MATERIAL PROVIDED Start Marker
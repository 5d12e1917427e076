#![tactic(auto, using(crate::proofs::Readings::refused, crate::proofs::Readings::recorded))]

// The start of the run, and what comes after it, a function for each mark as in `declarations`.
ghost use Rattle.lines.specs.Steps.{Front, ReadAs};
ghost use Rattle.lines.specs.declared.mark.Mark.TheVariants.{Start, Offer, Advance};

use crate::build::{kind_at, number_at, value_at};
use crate::fields::fields;
use crate::kind::Kind;
use crate::records::Record;
use refusals::Refusal;

pub(crate) fn start(line: &[u8]) -> Result<Record<'_>, Refusal>
    requires { Front line.now Start }
    ensures { ReadAs Start line.now result }
{
    let [capacity, picker, queue] = fields(line, &[Kind::Number, Kind::UpTo(1), Kind::UpTo(1)])?;
    Ok(Record::Start {
        capacity: number_at(line, capacity),
        picker: kind_at(line, picker),
        queue: kind_at(line, queue),
    })
}

pub(crate) fn offer(line: &[u8]) -> Result<Record<'_>, Refusal>
    requires { Front line.now Offer }
    ensures { ReadAs Offer line.now result }
{
    let [action, arrival, value] = fields(line, &[Kind::Number, Kind::Time, Kind::Value])?;
    Ok(Record::Offer {
        action: number_at(line, action),
        arrival: number_at(line, arrival),
        value: value_at(line, value),
    })
}

pub(crate) fn advance(line: &[u8]) -> Result<Record<'_>, Refusal>
    requires { Front line.now Advance }
    ensures { ReadAs Advance line.now result }
{
    let [reading, tags] = fields(line, &[Kind::Time, Kind::UpTo(1000)])?;
    Ok(Record::Advance {
        reading: number_at(line, reading),
        tags: number_at(line, tags),
    })
}
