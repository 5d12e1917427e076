// The two letters that a line begins with.
ghost use Rattle.std.specs.Option.{MatchOption};
ghost use Rattle.lines.specs.Marks.{Begins};
ghost use Rattle.lines.specs.Steps.{Front};
ghost use Rattle.lines.specs.declared.mark.Mark.{Mark as AnyMark};

#[derive(Clone, Copy)]
pub(crate) enum Mark {
    Reactor,
    Input,
    Output,
    Timer,
    Action,
    Connection,
    Reaction,
    Trigger,
    Write,
    Schedule,
    Stop,
    Bytecode,
    Instruction,
    Table,
    Row,
    Start,
    Offer,
    Advance,
}

// The mark that a line begins with.
pub(crate) fn mark_in_front(line: &[u8]) -> Option<Mark>
    ensures { MatchOption result ((m : AnyMark) → Begins line.now m → ⊥) (Front line.now) }
{
    match line {
        [b'R', b'E', ..] => Some(Mark::Reactor),
        [b'I', b'P', ..] => Some(Mark::Input),
        [b'O', b'P', ..] => Some(Mark::Output),
        [b'T', b'I', ..] => Some(Mark::Timer),
        [b'A', b'C', ..] => Some(Mark::Action),
        [b'C', b'N', ..] => Some(Mark::Connection),
        [b'R', b'X', ..] => Some(Mark::Reaction),
        [b'T', b'R', ..] => Some(Mark::Trigger),
        [b'W', b'R', ..] => Some(Mark::Write),
        [b'S', b'C', ..] => Some(Mark::Schedule),
        [b'E', b'N', ..] => Some(Mark::Stop),
        [b'B', b'O', ..] => Some(Mark::Bytecode),
        [b'I', b'S', ..] => Some(Mark::Instruction),
        [b'B', b'T', ..] => Some(Mark::Table),
        [b'R', b'W', ..] => Some(Mark::Row),
        [b'G', b'O', ..] => Some(Mark::Start),
        [b'O', b'F', ..] => Some(Mark::Offer),
        [b'A', b'D', ..] => Some(Mark::Advance),
        _ => None,
    }
}
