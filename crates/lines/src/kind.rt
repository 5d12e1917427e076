// What stands in a field.
ghost use Rattle.std.specs.Prelude.{◌≡◌, ◌↔◌, IsTrue};
ghost use Rattle.lines.specs.Fields.{Within, minus};

const LAST_TIME: i128 = 1_000_000_000_000_000_000;

#[derive(Clone, Copy)]
pub(crate) enum Kind {
    // names a thing or counts: any number
    Number,
    // a time, a delay or a period
    Time,
    // signed, 32 bits
    Value,
    // at most this
    UpTo(u64),
}

impl Kind {
    pub(crate) fn may_be_negative(self) -> bool
        ensures { result ≡ minus self }
    {
        matches!(self, Kind::Value)
    }

    // Whether a number lies in the range of the kind.
    pub(crate) fn takes(self, number: i128) -> bool
        ensures { IsTrue result ↔ Within self number }
    {
        match self {
            Kind::Number => number >= 0,
            Kind::Time => (0..=LAST_TIME).contains(&number),
            Kind::Value => (i128::from(i32::MIN)..=i128::from(i32::MAX)).contains(&number),
            Kind::UpTo(most) => (0..=i128::from(most)).contains(&number),
        }
    }
}
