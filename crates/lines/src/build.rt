// Fields of a record from tokens. Numbers and values are functions of their own: one over both types would take what
// their conversion gives as a premise. Each requires that the token lies in the line, of which a token holds no part: an
// array of N structs with references gets no generated proof.
ghost use Rattle.std.specs.Prelude.{◌≡◌, take, drop, pos, ◌≤ℤ◌, Result, IsOk, unsigned_abs};
ghost use Rattle.lines.specs.Fields.{Within};
ghost use Rattle.lines.specs.Records.{counted, valued};
ghost use Rattle.lines.specs.Steps.{Inside, entry, DecodedAt};
ghost use Rattle.lines.specs.declared.kind.Kind.TheVariants.{Value};
ghost use Rattle.refusals.specs.declared.refusal.Refusal.{Refusal as AnyRefusal};

use crate::cursor::Token;
use crate::records::Field;
use refusals::Refusal;

// A field of the line at a token.
fn field_at<'a, T>(line: &'a [u8], token: Token, value: T) -> Field<'a, T>
    requires { Inside line.now token }
    ensures text { result.text.now ≡ take token.len (drop token.place line.now) }
    ensures place { result.place ≡ token.place }
    ensures value { result.value ≡ value }
{
    let end = token.place + token.len;
    Field {
        text: &line[token.place..end],
        place: token.place,
        value,
    }
}

pub(crate) fn number_at<'a>(line: &'a [u8], token: Token) -> Field<'a, u64>
    requires inside { Inside line.now token }
    requires not_negative { pos 0 ≤ℤ token.number }
    ensures { counted result ≡ entry line.now token }
{
    field_at(line, token, token.number as u64)
}

pub(crate) fn value_at<'a>(line: &'a [u8], token: Token) -> Field<'a, i32>
    requires inside { Inside line.now token }
    requires range { Within Value token.number }
    ensures { valued result ≡ entry line.now token }
{
    field_at(line, token, token.number as i32)
}

// A field whose number stands for a kind.
pub(crate) fn kind_at<'a, K: TryFrom<u64, Error = Refusal>>(
    line: &'a [u8],
    token: Token,
) -> Field<'a, K>
    requires inside { Inside line.now token }
    requires not_negative { pos 0 ≤ℤ token.number }
    requires known { (r : Result K AnyRefusal) → K.try_from_gives (unsigned_abs token.number) r → IsOk r }
    ensures { DecodedAt K.try_from_gives line.now token result }
{
    let kind = K::try_from(token.number as u64).unwrap();
    field_at(line, token, kind)
}
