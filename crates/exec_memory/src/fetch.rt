// `fetch`: a word of the memory.
ghost use Rattle.exec_memory.specs.Alone.{IsRefusalOrMemory, MayTake, TakesAlone};
ghost use Rattle.exec_words.specs.declared.line.Line.TheVariants as line;
ghost use Rattle.std.specs.Prelude.{IfErr};

use crate::words::is_storable;
use exec_session::{Session, Stop, refused};
use exec_words::{Refusal, word_text};
use std::alloc::Global;

/// The text of `fetch`: the word at the address `at`, in decimal.
///
/// NotABlock: the word is neither one of the user's, before word 1,024, nor a usable one of a used block. Memory: none was left for the text.
pub fn fetch_word(alloc: Global, session: &Session, at: u16) -> Result<Vec<u8>, Stop>
    requires may { MayTake session.now (line.Fetch at) }
    ensures turns { TakesAlone session.now session.now (line.Fetch at) result }
    ensures stops { IfErr result IsRefusalOrMemory }
{
    if !is_storable(&session.world, at) {
        return refused(Refusal::NotABlock);
    }
    Ok(word_text(alloc, session.world.memory.as_slice()[usize::from(at)])?)
}
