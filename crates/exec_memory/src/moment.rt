// `settime`: the moment of later dates.
ghost use Rattle.exec_memory.specs.Alone.{IsRefusalOrMemory, IsSameButMoment, MayTake, StaysFormed, TakesAlone};
ghost use Rattle.exec_words.specs.declared.line.Line.TheVariants as line;
ghost use Rattle.std.specs.Prelude.{IfErr, OnErr, ◌≡◌};

use exec_session::{Session, Stop};
use exec_words::done_text;
use std::alloc::Global;

/// Gives a session the moment of later dates, in seconds since the start of 1901, and answers the text of `settime`.
///
/// Memory: none was left for the text, and the moment is as it was.
pub fn set_time(alloc: Global, session: &mut Session, moment: u32) -> Result<Vec<u8>, Stop>
    requires may { MayTake session.old (line.SetTime moment) }
    ensures turns { TakesAlone session.old session.new (line.SetTime moment) result }
    ensures formed { StaysFormed session.old session.new }
    ensures stops { IfErr result IsRefusalOrMemory }
    ensures memory { IfErr result (λ error. error ≡ Stop.Memory) }
    ensures left { OnErr result (session.new ≡ session.old) }
    ensures alone { IsSameButMoment session.old session.new }
{
    let text = done_text(alloc)?;
    session.moment = moment;
    Ok(text)
}
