//! The files of the model by the values of their pages.

ghost use Rattle.laws_contents.specs.ModelContents.{DirectoryIsItsPages, LeaderIsItsValue, ModelLengthsAreOfBytes, OrdinaryFileIsItsPages, WholeDirectoryIsAllSlots, WholeLeaderIsReadable};

/// On any pack a file whose leader page has a place lives, and its leader is what the value there says.
pub fn leader_is_its_value()
    ensures { LeaderIsItsValue }
{}

/// On a whole pack the name in each leader can be read.
pub fn whole_leader_is_readable()
    ensures { WholeLeaderIsReadable }
{}

/// On any pack an ordinary file of the model is what its leader's value says and the bytes of its pages.
pub fn ordinary_file_is_its_pages()
    ensures { OrdinaryFileIsItsPages }
{}

/// On any pack a directory of the model is what its leader's value says and the slots that are kept.
pub fn directory_is_its_pages()
    ensures { DirectoryIsItsPages }
{}

/// On a whole pack the words of a directory are slots to their end, and its bytes are whole words.
pub fn whole_directory_is_all_slots()
    ensures { WholeDirectoryIsAllSlots }
{}

/// On a whole and tidy pack the length of each file of the model, of a directory that of its slots, is that of its bytes.
pub fn model_lengths_are_of_bytes()
    ensures { ModelLengthsAreOfBytes }
{}
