// Words of a world's memory that may be stored to.
ghost use Rattle.session_model.specs.world_model.specs.Levels.{IsAtLevel, level_base};
ghost use Rattle.session_model.specs.world_model.specs.ZoneWords.{is_inside};
ghost use Rattle.std.specs.Prelude.{◌≡◌};

use junta_levels::base_of;
use world_swap::World;
use zones::inside;

/// Whether the word at the address `at` may be stored to: it is one of the user's, or a usable one of a used block.
pub(crate) fn is_storable(world: &World, at: u16) -> bool
    requires { IsAtLevel world.now.level world.now.memory }
    ensures { result ≡ is_inside (level_base world.now.level) world.now.memory at }
{
    inside(world.memory.as_slice(), base_of(world.level), at)
}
MATERIAL PROVIDED End Marker
**EXERCISE INSTRUCTIONS**:
Find every line in the records above that holds the word "IsRefusalOrMemory", and copy each one.

**TASK RESULT**:
ghost use Rattle.exec_memory.specs.Alone.{IsRefusalOrMemory, MayTake, TakesAlone};
    ensures stops { IfErr result IsRefusalOrMemory }
ghost use Rattle.exec_memory.specs.Alone.{IsRefusalOrMemory, IsSameButMoment, MayTake, StaysFormed, TakesAlone};
    ensures stops { IfErr result IsRefusalOrMemory }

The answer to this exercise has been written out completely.